[Stored data]
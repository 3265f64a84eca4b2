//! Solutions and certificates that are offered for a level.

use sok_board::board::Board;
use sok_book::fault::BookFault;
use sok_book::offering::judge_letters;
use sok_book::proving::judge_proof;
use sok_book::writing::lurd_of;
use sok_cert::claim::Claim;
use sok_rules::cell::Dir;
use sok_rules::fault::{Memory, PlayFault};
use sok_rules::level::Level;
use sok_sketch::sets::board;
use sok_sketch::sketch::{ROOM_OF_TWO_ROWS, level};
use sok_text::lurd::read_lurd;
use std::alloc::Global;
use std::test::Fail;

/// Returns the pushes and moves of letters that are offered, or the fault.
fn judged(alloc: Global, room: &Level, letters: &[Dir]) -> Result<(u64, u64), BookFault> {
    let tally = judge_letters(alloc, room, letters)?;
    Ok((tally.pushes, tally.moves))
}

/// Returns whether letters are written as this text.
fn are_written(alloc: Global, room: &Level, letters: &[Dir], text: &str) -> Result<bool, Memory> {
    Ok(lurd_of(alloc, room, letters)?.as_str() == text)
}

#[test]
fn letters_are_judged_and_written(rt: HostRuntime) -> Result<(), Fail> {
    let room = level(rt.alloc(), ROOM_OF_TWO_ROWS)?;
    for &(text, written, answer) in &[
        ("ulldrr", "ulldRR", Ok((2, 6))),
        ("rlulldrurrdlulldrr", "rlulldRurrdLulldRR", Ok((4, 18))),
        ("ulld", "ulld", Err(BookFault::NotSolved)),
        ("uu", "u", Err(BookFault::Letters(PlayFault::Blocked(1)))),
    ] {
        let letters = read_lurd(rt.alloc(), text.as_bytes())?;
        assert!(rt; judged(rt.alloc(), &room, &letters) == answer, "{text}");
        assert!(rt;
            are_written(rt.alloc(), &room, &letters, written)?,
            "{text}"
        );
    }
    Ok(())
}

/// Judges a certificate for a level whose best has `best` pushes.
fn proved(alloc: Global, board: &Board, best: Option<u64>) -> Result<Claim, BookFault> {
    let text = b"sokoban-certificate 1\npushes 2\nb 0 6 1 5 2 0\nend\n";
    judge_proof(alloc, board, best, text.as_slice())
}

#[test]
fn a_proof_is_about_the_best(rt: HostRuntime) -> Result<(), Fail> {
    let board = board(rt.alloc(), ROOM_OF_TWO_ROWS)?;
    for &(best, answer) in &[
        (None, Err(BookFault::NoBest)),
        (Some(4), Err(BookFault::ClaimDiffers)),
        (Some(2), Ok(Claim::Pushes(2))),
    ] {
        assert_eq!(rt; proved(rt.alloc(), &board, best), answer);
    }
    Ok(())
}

- _What the task asks_
All of the lines above need to be given again exactly.

- _Response_
repository 3265f64a84eca4b2
//! Solutions and certificates that are offered for a level.

use sok_board::board::Board;
use sok_book::fault::BookFault;
use sok_book::offering::judge_letters;
use sok_book::proving::judge_proof;
use sok_book::writing::lurd_of;
use sok_cert::claim::Claim;
use sok_rules::cell::Dir;
use sok_rules::fault::{Memory, PlayFault};
use sok_rules::level::Level;
use sok_sketch::sets::board;
use sok_sketch::sketch::{ROOM_OF_TWO_ROWS, level};
use sok_text::lurd::read_lurd;
use std::alloc::Global;
use std::test::Fail;

/// Returns the pushes and moves of letters that are offered, or the fault.
fn judged(alloc: Global, room: &Level, letters: &[Dir]) -> Result<(u64, u64), BookFault> {
    let tally = judge_letters(alloc, room, letters)?;
    Ok((tally.pushes, tally.moves))
}

/// Returns whether letters are written as this text.
fn are_written(alloc: Global, room: &Level, letters: &[Dir], text: &str) -> Result<bool, Memory> {
    Ok(lurd_of(alloc, room, letters)?.as_str() == text)
}

#[test]
fn letters_are_judged_and_written(rt: HostRuntime) -> Result<(), Fail> {
    let room = level(rt.alloc(), ROOM_OF_TWO_ROWS)?;
    for &(text, written, answer) in &[
        ("ulldrr", "ulldRR", Ok((2, 6))),
        ("rlulldrurrdlulldrr", "rlulldRurrdLulldRR", Ok((4, 18))),
        ("ulld", "ulld", Err(BookFault::NotSolved)),
        ("uu", "u", Err(BookFault::Letters(PlayFault::Blocked(1)))),
    ] {
        let letters = read_lurd(rt.alloc(), text.as_bytes())?;
        assert!(rt; judged(rt.alloc(), &room, &letters) == answer, "{text}");
        assert!(rt;
            are_written(rt.alloc(), &room, &letters, written)?,
            "{text}"
        );
    }
    Ok(())
}

/// Judges a certificate for a level whose best has `best` pushes.
fn proved(alloc: Global, board: &Board, best: Option<u64>) -> Result<Claim, BookFault> {
    let text = b"sokoban-certificate 1\npushes 2\nb 0 6 1 5 2 0\nend\n";
    judge_proof(alloc, board, best, text.as_slice())
}

#[test]
fn a_proof_is_about_the_best(rt: HostRuntime) -> Result<(), Fail> {
    let board = board(rt.alloc(), ROOM_OF_TWO_ROWS)?;
    for &(best, answer) in &[
        (None, Err(BookFault::NoBest)),
        (Some(4), Err(BookFault::ClaimDiffers)),
        (Some(2), Ok(Claim::Pushes(2))),
    ] {
        assert_eq!(rt; proved(rt.alloc(), &board, best), answer);
    }
    Ok(())
}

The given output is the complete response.